DIMITRIOS KAMBOURIS//GETTY IMAGES
Hosting one of the best TONY awards nights ever, Pink established herself as a Broadway star. A pop music icon, she seemed an unlikely candidate for the job but from the moment she lowered herself mid-stage, a hanging vision of Mary Martin as Peter Pan at Radio City Music Hall, she was in turns hilarious, poised, sensational, segueing into a moment from Wicked. That was an opening for the ages—and she just got started!

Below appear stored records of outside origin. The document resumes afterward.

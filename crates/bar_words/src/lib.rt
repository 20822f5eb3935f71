// Theorems about the bar behind a cell; no code.
#![tactic(auto)]
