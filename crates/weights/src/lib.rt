// Weights by which a triangle reaches a box: small whole numbers that anyone can check.
#![tactic(auto)]

ghost use Rattle.std.specs.Prelude.{[], ◌∷◌, ◌≡◌, ℕ, ◌+◌, ◌*◌, ◌^◌, ◌<◌};
ghost use Rattle.integers.specs.Within.{Within, Withins};
ghost use Rattle.geometry.specs.Bounds.{extent_max, normal_max, difference_max, PointWithin, TriangleWithin, BoundedPoint, BoundedTriangle};
ghost use Rattle.geometry.specs.Geometry.{cube, dot};
ghost use Rattle.reach.specs.Reaches.{ReachesBox};
ghost use Rattle.candidates.specs.Candidates.{rows, candidate};
ghost use Rattle.weights.specs.Weights.{Weighs};
ghost use Rattle.weights.specs.Inner.{side_bounds, sides_of, BoundedRows, Tells};

use geometry::{Point, Triangle};

// Weights of a triangle's corners (barycentric coordinates, up to a factor).
#[derive(Clone, Copy)]
pub struct Weights {
    pub w0: i64,
    pub w1: i64,
    pub w2: i64,
}

// The two sides of a box on an axis, as rows: how far each corner is on the inner side.
#[derive(Clone, Copy)]
struct Sides {
    low: Point,
    high: Point,
}

// The sides of a box that goes from p to p + extent on an axis, for corners at a, b and c there.
fn sides_on(a: i64, b: i64, c: i64, p: i64, extent: i64) -> Sides
    requires { Withins side_bounds (a ∷ b ∷ c ∷ p ∷ extent ∷ []) }
    ensures { result ≡ sides_of a b c p extent }
{
    let x = a - p;
    let y = b - p;
    let z = c - p;
    Sides {
        low: Point { x, y, z },
        high: Point {
            x: extent - x,
            y: extent - y,
            z: extent - z,
        },
    }
}

// The nine rows of a triangle and a cube: the weights themselves, the low sides and the high sides. There is no heap, so that they stand in an array.
fn rows(t: Triangle, p: Point, extent: i64) -> [Point; 9]
    requires { BoundedTriangle t × BoundedPoint p × Within extent_max extent }
    ensures { result ≡ rows t p (cube extent) }
{
    let x = sides_on(t.v0.x, t.v1.x, t.v2.x, p.x, extent);
    let y = sides_on(t.v0.y, t.v1.y, t.v2.y, p.y, extent);
    let z = sides_on(t.v0.z, t.v1.z, t.v2.z, p.z, extent);
    [
        Point { x: 1, y: 0, z: 0 },
        Point { x: 0, y: 1, z: 0 },
        Point { x: 0, y: 0, z: 1 },
        x.low,
        y.low,
        z.low,
        x.high,
        y.high,
        z.high,
    ]
}

// Candidate m: the weights on which two of the rows are 0, which is their cross product.
fn candidate(rows: &[Point; 9], m: usize) -> Point
    requires { BoundedRows rows.now × (m < 81) }
    ensures { result ≡ candidate rows.now m }
{
    let a = rows[m % 9];
    let b = rows[m / 9];
    Point {
        x: a.y * b.z - a.z * b.y,
        y: a.z * b.x - a.x * b.z,
        z: a.x * b.y - a.y * b.x,
    }
}

// The value of a row on weights: their dot product.
fn value(r: Point, w: Point) -> i64
    requires { PointWithin difference_max r × PointWithin normal_max w }
    ensures { result ≡ dot r w }
{
    r.x * w.x + r.y * w.y + r.z * w.z
}

// Do the weights fit: is no row negative on them, and their total positive?
fn fits(rows: &[Point; 9], w: Point) -> bool
    requires { BoundedRows rows.now × PointWithin normal_max w }
    ensures { Tells rows.now w result }
{
    for r in rows {
        if value(*r, w) < 0 {
            return false;
        }
    }
    0 < w.x + w.y + w.z
}

// Weights that show that a triangle reaches a cube: the first candidate that fits. One of the 81 does.
pub fn weigh(t: Triangle, p: Point, extent: i64) -> Weights
    requires { BoundedTriangle t × BoundedPoint p × Within extent_max extent × ReachesBox t p (cube extent) }
    ensures { (k : ℕ) → TriangleWithin (2 ^ k) t → Weighs (2 ^ (2 * k + 4)) t p (cube extent) result }
{
    let rows = rows(t, p, extent);
    for m in 0..81 {
        let w = candidate(&rows, m);
        if fits(&rows, w) {
            return Weights {
                w0: w.x,
                w1: w.y,
                w2: w.z,
            };
        }
    }
    unreachable!()
}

Maybe her best was “Lady Marmalade” or the skit from Chicago. When Lesley Manville got her TONY for her performance as Oedipus’ wife—er, mother, in a grand gesture to bring in the women she beat—Rose Byrne, Carrie Coon, Susannah Flood, Kelli O’Hara–, she asked for a playwright to create a vehicle for five female characters. For a musical, make that six to include Pink.

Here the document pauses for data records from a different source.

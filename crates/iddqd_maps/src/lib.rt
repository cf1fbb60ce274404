//! Maps whose keys live inside their values: a store of items, and a table for each key.
//!
//! Four maps have names of their own. A map with any other mix of keys is a [`map::Map`] by a [`pair::Pair`] of key
//! indexes. Each is a [`by_hash::ByHash`] or a [`by_order::ByOrder`]; a [`by_hash_multi::ByHashMulti`] or a
//! [`by_order_multi::ByOrderMulti`], whose key several items may have; or a pair again.
//!
//! A key is one field, a computed value, or several keys in turn ([`key_kinds`]); [`id_hash_map::HashMapBy`] and its
//! like take any.
//!
//! A contract sees a map as items in slots under stable indexes, no two of which share a unique key. No call gives
//! a stored item another key without updating the tables, so a look-up always answers as a scan of all items would.
//!
//! What callers name of the crates below is re-exported here. First come the maps, the traits of their items, the kinds
//! of key, and what calls return; then what a mix of keys is made of; then the modules. The iterators but `GroupItems`
//! stand in their modules, since those of hashed maps and those in order have the same names.
#![tactic(auto)]

// The maps.
pub use iddqd_map::bi_hash_map::{BiHashMap, BiHashMapBy};
pub use iddqd_map::id_hash_map::{HashMapBy, IdHashMap};
pub use iddqd_map::map::Map;
pub use iddqd_map::tri_hash_map::{TriHashMap, TriHashMapBy};
pub use iddqd_ord_map::id_ord_map::{IdOrdMap, OrdMapBy};

// What items implement, or a type that names one of their keys.
pub use iddqd_keys::key_kinds::ComputedKey;
pub use iddqd_keys::key_of::KeyOf;
pub use iddqd_map::bi_hash_map::BiHashItem;
pub use iddqd_map::id_hash_map::IdHashItem;
pub use iddqd_map::mix::CloneFor;
pub use iddqd_map::tri_hash_map::TriHashItem;
pub use iddqd_ord_map::id_ord_map::IdOrdItem;

// Kinds of key, queries for them, and ranges of queries.
pub use iddqd_keys::bounds::{Bounds, IntoBounds};
pub use iddqd_keys::item_order_query::{Part, Prefix};
pub use iddqd_keys::key_kinds::{Computed, Field, ItsKey, Reversed};
pub use iddqd_keys::starts_with::StartsWith;

// Indexes, refusals, and what else calls take or return.
pub use iddqd::internal::{
    TableValidationError, ValidateCompact, ValidateRefusal, ValidationError,
};
pub use iddqd::item_index::ItemIndex;
pub use iddqd_groups::in_groups::GroupItems;
pub use iddqd_map::bi_hash_map::BiClash;
pub use iddqd_map::map::Parts;
pub use iddqd_map::map::sweep::Swept;
pub use iddqd_map::no_conflict::NoConflict;
pub use iddqd_map::pair_conflict::PairConflict;
pub use iddqd_map::refusal::{
    InsertRefusal, OverwriteRefusal, ReplaceRefusal, Stopped, StoppedAppend, StoppedOverwrite,
};
pub use iddqd_map::tri_hash_map::TriClash;
pub use iddqd_map::verdict::Verdict;

// Which items a call goes over.
pub use iddqd_map::selection::{All, Selection, equal, having, within};

// The key indexes of a mix, the places of its keys, and the traits with its calls in order and on groups.
pub use iddqd_groups::by_hash_multi::{ByHashMulti, ByHashMultiOf};
pub use iddqd_groups::in_groups::InGroups;
pub use iddqd_map::by_hash::{ByHash, ByHashOf};
pub use iddqd_map::key_index::{First, Here, Left, Right, Second, Third};
pub use iddqd_map::pair::Pair;
pub use iddqd_ord_map::by_order::{ByOrder, ByOrderOf};
pub use iddqd_ord_map::by_order_multi::{ByOrderMulti, ByOrderMultiOf};
pub use iddqd_ord_map::in_order::InOrder;
pub use iddqd_ord_map::ordered_parts::OrderedParts;

// Traits of keys, of queries and of key indexes, and the default hasher.
pub use iddqd::hash_builder::DefaultHashBuilder;
pub use iddqd_keys::hash_key::HashKey;
pub use iddqd_keys::hash_query::HashQuery;
pub use iddqd_keys::item_hash_query::ItemHashQuery;
pub use iddqd_keys::item_order_query::{ItemOrdQuery, ItemRangeQuery};
pub use iddqd_keys::order_key::OrdKey;
pub use iddqd_keys::order_query::OrdQuery;
pub use iddqd_map::key_index::KeyIndex;

// Modules, for what else they have, as iterators.
pub use iddqd::{
    hash_builder as hash_builder, index_remap as index_remap, item_index as item_index,
    item_set as item_set,
};
pub use iddqd_by_order::ordered_walk as ordered_walk;
pub use iddqd_groups::{
    by_hash_multi as by_hash_multi, hashed_group as hashed_group, in_groups as in_groups,
};
pub use iddqd_keys::{
    bounds as bounds, hash_key as hash_key, hash_query as hash_query,
    item_hash_query as item_hash_query, item_order_query as item_order_query,
    key_kinds as key_kinds, key_of as key_of, order_key as order_key, order_query as order_query,
    starts_with as starts_with,
};
pub use iddqd_map::{
    bi_hash_map as bi_hash_map, by_hash as by_hash, grouped_at as grouped_at,
    id_hash_map as id_hash_map, key_index as key_index, map as map, mix as mix,
    no_conflict as no_conflict, pair as pair, pair_conflict as pair_conflict, refusal as refusal,
    selection as selection, tri_hash_map as tri_hash_map, verdict as verdict,
};
pub use iddqd_ord_map::{
    by_order as by_order, by_order_multi as by_order_multi, id_ord_map as id_ord_map,
    in_order as in_order, ordered_parts as ordered_parts, ranges_at as ranges_at,
};
pub use iddqd_order::btree_table as btree_table;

This great night belonged to the Best Revivals, Ragtime and Arthur Miller’s Death of a Salesman. Even though John Lithgow as Raoul Dahl in Giant was always the front runner for Best Actor, everyone wished the award would go to Nathan Lane as Willy Loman. He put his heart, soul and abundant talent into the heartbreaking role. Christopher Abbott who plays Biff said he had never seen this classic play—hoping he would one day be in it. Laurie Metcalf reinvented the characterization of doting wife.
With the flamboyance of Rocky Horror Picture Show and Cats: The Jellicle Ball, a family drama seems antique. Then again, the Broadway stage remains an endless affirmation of identity and self-invention through fantasy and art—and as every winner put it, the very best place to be.